Developed by the State Department of Gender and Affirmative Action with support from organizations like UN Women, the policy outlines several key actions. These include establishing public care services for children, the elderly, and people with disabilities, promoting care-friendly workplace policies, and investing in infrastructure like water and electricity to ease the domestic burden. The policy also aims to challenge social norms that designate caregiving as exclusively 'women's work' and seeks to represent care workers in decision-making processes.
Momentum is already building at the county level. As part of the Evidence-to-Policy for the Kenya Care Economy Project, Kitui County has allocated Sh1.1 billion and Laikipia County has committed Sh853 million towards care initiatives, with Laikipia reporting a subsequent 56% rise in women's economic participation.
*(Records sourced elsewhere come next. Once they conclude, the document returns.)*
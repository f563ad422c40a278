//! Inputs, as bytes.
use command_fixtures::{FIRST, FRAME, Form, Rec, capture};
use std::process::Abort;

/// The frame of 60 bytes, captured so many nanoseconds after the first.
pub fn frame(nanos: u32) -> Rec {
    Rec { nanos, ..FIRST }
}

/// What an input holds.
#[derive(Clone, Copy)]
pub enum Input<'a> {
    /// There is no such file.
    Absent,
    /// These bytes, and so many frames after them.
    Raw(&'a [u8], u32),
    /// A capture of these records, but for so many bytes at its end.
    Capture(Form, &'a [Rec], usize),
}

/// The bytes of an input, if it is there.
pub fn bytes_of<R: Abort + AllocGlobal>(rt: &R, input: Input<'_>) -> Option<Vec<u8>> {
    match input {
        Input::Absent => None,
        Input::Raw(bytes, frames) => Some(raw(rt, bytes, frames)),
        Input::Capture(form, records, less) => Some(cut(rt, form, records, less)),
    }
}

fn raw<R: Abort + AllocGlobal>(rt: &R, first: &[u8], frames: u32) -> Vec<u8> {
    let mut bytes = first.to_vec(rt.alloc()).expect(rt, "memory");
    for _ in 0..frames {
        bytes.extend_from_slice(&FRAME).expect(rt, "memory");
    }
    bytes
}

fn cut<R: Abort + AllocGlobal>(rt: &R, form: Form, records: &[Rec], less: usize) -> Vec<u8> {
    let mut bytes = capture(rt.alloc(), form, records).expect(rt, "memory");
    bytes.truncate(bytes.len().saturating_sub(less));
    bytes
}
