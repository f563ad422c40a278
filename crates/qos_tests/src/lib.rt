//! Tests of whole commands over files in memory, with their reports, by the public calls of `qos_main`.
//!
//! They stand apart so that `qos_main` is proved once. The expected numbers are worked by hand, from the rules of
//! pacing, of the token bucket, of the meters and of the capture format, or by the rule that a test names.
#![tactic(auto)]

#[cfg(test)]
mod check;
#[cfg(test)]
mod cuts;
#[cfg(test)]
mod input;
#[cfg(test)]
mod many;
#[cfg(test)]
mod metered;
#[cfg(test)]
mod ports;
#[cfg(test)]
mod profiles;
#[cfg(test)]
mod refused;
#[cfg(test)]
mod report;
#[cfg(test)]
mod reports;
#[cfg(test)]
mod rows;
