#[test]
fn colours_come_before_and_go_after(rt: HostRuntime) {
    for row in &COLOURED {
        check(&rt, row);
    }
}

#[test]
fn bytes_are_counted(rt: HostRuntime) {
    for row in &COUNTED {
        check(&rt, row);
    }
}

#[test]
fn bytes_are_earned(rt: HostRuntime) {
    for row in &TIMED {
        check(&rt, row);
    }
}

#[test]
fn inputs_stop(rt: HostRuntime) {
    for row in &STOPPED {
        check(&rt, row);
    }
}
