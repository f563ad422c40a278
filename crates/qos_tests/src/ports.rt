//! Runs over two ports, as rows.
use crate::check::{NONE, Row, check};
use crate::input::Input;
use crate::profiles::{BY_ADDRESS, CODE, CREDITS, SECOND_PORT, SECOND_RULE};
use command_fixtures::{EMPTY, End, FAR, FIRST, PLAIN, Rec};

const NEAR: Rec = FIRST;

// So many nanoseconds after the first, and after 10,000.
const NEAR_LATER: Rec = Rec {
    nanos: 10_000,
    ..NEAR
};

const FAR_LATER: Rec = Rec {
    nanos: 10_000,
    ..FAR
};

// Each frame goes at its own arrival but for the second of two at one moment, which no drain follows.
static ROWS: [Row<'static>; 4] = [
    Row {
        note: "by the prefix of the address",
        edits: &[SECOND_PORT, SECOND_RULE, BY_ADDRESS],
        input: Input::Capture(PLAIN, &[NEAR, FAR, FAR_LATER, NEAR_LATER], 0),
        end: End {
            count: 2,
            first: [2, 2, 0, 0, 0, 2, 10_084],
            second: [2, 2, 0, 0, 0, 2, 10_084],
            ..EMPTY
        },
        outputs: [&[NEAR, NEAR_LATER], &[FAR, FAR_LATER]],
        ..NONE
    },
    Row {
        note: "a port without packets",
        edits: &[SECOND_PORT, SECOND_RULE, BY_ADDRESS],
        input: Input::Capture(PLAIN, &[FAR, FAR], 0),
        end: End {
            count: 2,
            second: [2, 1, 1, 0, 0, 1, 84],
            ..EMPTY
        },
        outputs: [&[], &[FAR]],
        ..NONE
    },
    // The other way round.
    Row {
        note: "a last port without packets",
        edits: &[SECOND_PORT, SECOND_RULE, BY_ADDRESS],
        input: Input::Capture(PLAIN, &[NEAR], 0),
        end: End {
            count: 2,
            first: [1, 1, 0, 0, 0, 1, 84],
            ..EMPTY
        },
        outputs: [&[NEAR], &[]],
        ..NONE
    },
    // The code of port 0's rule is of the first class, for which a pipe has no credits.
    Row {
        note: "by a code of the rule",
        edits: &[
            SECOND_PORT,
            SECOND_RULE,
            (CODE, "code = fixed 0 0 green\ndst = 10.0.0.0/25"),
            (CREDITS, "tc 0 credits = 0\ntc 1-12 credits = 1000000"),
        ],
        input: Input::Capture(PLAIN, &[NEAR, FAR], 0),
        end: End {
            count: 2,
            first: [1, 0, 1, 0, 0, 1, 0],
            second: [1, 1, 0, 0, 0, 1, 84],
            ..EMPTY
        },
        outputs: [&[], &[FAR]],
        ..NONE
    },
];

#[test]
fn ports_by_address(rt: HostRuntime) {
    for row in &ROWS {
        check(&rt, row);
    }
}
The private sector is also engaging, with 157 companies adopting gender-responsive policies to support employees with caregiving duties.
A significant milestone is anticipated in November 2025, when the KNBS, supported by UN Women, is expected to release the first national report quantifying the economic value of unpaid care work. This will align national statistics with Sustainable Development Goal Target 5.4, which calls for the recognition and valuation of such work.
Despite the progress, significant challenges remain. The healthcare sector, a core component of the care economy, faces issues such as understaffing, inadequate infrastructure, and underfunding. A World Health Organization report noted a doctor-to-population ratio of about 1:16,000, far below the recommended 1:1,000. Furthermore, traditional social norms regarding gender roles are deeply entrenched and will require sustained advocacy to shift.
The successful implementation of the National Care Policy will depend on robust financing, multi-sectoral collaboration between national and county governments, the private sector, and civil society, and a fundamental shift in public perception. As stated by Principal Secretary for Gender Affairs Anne Wang'ombe, “Care is the currency of a connected world. Let us make a wise investment.” By bringing the invisible work of caregivers into the light, Kenya is not only advancing gender equality but is also laying the groundwork for a more resilient and inclusive economy.